── Given data

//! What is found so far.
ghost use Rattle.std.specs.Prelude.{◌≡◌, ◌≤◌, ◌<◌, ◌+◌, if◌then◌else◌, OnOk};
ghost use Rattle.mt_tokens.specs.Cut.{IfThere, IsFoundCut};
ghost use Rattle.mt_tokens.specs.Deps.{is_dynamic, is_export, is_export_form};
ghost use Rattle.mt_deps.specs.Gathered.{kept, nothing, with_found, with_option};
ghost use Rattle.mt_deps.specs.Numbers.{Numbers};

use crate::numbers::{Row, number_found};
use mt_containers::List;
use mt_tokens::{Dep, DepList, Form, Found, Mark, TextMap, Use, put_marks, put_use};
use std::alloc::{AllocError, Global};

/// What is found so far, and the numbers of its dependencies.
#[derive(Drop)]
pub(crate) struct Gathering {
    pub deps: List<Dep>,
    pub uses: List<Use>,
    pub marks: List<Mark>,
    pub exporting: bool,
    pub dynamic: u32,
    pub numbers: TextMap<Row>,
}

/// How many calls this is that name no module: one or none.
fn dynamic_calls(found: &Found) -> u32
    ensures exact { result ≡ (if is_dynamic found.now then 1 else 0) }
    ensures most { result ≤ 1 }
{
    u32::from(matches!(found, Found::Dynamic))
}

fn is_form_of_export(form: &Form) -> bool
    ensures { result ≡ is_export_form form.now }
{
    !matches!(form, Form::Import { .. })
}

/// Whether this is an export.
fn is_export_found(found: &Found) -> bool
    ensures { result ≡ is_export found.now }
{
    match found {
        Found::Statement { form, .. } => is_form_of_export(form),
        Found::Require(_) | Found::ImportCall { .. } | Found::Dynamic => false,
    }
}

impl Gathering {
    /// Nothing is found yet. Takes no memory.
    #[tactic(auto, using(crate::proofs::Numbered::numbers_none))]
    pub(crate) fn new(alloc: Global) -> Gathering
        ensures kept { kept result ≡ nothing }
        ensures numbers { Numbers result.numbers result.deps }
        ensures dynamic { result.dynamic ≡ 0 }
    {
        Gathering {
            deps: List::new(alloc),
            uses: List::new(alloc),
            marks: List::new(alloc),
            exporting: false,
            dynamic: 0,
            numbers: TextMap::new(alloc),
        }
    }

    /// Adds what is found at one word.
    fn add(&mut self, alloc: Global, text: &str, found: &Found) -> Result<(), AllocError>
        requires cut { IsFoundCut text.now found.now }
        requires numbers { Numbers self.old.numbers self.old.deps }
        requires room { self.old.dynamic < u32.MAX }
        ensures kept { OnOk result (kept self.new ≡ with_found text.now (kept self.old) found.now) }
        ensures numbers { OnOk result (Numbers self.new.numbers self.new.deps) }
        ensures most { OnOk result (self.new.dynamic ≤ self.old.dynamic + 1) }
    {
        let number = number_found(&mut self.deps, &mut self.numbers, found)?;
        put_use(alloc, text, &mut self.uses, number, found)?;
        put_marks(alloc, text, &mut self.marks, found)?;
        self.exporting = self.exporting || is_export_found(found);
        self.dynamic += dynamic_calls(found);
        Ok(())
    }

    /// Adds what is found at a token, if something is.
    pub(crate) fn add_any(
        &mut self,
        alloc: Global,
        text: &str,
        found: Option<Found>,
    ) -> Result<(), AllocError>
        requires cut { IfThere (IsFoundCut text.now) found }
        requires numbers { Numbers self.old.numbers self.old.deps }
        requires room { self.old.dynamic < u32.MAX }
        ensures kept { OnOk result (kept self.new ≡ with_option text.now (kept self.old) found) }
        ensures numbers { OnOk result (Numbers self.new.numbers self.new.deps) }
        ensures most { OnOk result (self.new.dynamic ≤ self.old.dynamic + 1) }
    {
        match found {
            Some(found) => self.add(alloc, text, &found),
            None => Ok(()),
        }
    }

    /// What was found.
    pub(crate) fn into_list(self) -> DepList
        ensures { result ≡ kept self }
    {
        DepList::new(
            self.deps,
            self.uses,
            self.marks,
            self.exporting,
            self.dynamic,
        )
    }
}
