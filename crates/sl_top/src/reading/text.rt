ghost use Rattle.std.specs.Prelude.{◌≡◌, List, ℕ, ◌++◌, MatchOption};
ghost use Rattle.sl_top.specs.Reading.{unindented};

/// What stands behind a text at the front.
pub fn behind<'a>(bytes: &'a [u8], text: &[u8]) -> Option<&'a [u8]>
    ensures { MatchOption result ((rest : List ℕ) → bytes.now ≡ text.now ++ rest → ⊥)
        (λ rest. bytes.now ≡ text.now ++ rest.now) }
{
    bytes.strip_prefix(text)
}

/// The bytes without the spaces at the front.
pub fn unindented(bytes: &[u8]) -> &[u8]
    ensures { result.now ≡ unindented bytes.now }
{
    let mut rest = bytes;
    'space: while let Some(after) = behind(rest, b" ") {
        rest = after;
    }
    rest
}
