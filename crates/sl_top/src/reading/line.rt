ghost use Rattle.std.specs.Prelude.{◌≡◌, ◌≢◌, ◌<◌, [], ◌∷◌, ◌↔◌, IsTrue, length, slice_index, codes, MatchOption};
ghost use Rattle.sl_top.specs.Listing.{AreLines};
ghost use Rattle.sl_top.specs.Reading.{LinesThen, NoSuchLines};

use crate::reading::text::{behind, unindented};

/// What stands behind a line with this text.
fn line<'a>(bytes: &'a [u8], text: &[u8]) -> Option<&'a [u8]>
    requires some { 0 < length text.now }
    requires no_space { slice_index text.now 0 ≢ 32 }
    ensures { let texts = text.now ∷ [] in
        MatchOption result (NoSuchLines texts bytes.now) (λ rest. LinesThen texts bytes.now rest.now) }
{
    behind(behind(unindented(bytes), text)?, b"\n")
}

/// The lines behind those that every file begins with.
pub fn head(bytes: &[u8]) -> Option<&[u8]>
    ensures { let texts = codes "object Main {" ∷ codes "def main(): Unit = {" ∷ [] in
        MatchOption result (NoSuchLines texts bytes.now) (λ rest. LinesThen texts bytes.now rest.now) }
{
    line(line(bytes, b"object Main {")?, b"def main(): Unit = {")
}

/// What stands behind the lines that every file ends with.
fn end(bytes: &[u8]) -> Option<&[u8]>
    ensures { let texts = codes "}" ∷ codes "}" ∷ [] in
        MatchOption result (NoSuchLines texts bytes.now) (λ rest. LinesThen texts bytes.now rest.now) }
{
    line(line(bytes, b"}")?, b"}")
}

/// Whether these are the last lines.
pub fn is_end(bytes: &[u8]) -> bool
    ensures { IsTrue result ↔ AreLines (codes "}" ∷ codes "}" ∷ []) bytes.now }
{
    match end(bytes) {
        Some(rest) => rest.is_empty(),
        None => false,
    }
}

────

* [Problem description]
Copy task for the entries above: every line with the string "TextMap".

* [The completed task]
use mt_tokens::{Dep, DepList, Form, Found, Mark, TextMap, Use, put_marks, put_use};
    pub numbers: TextMap<Row>,
            numbers: TextMap::new(alloc),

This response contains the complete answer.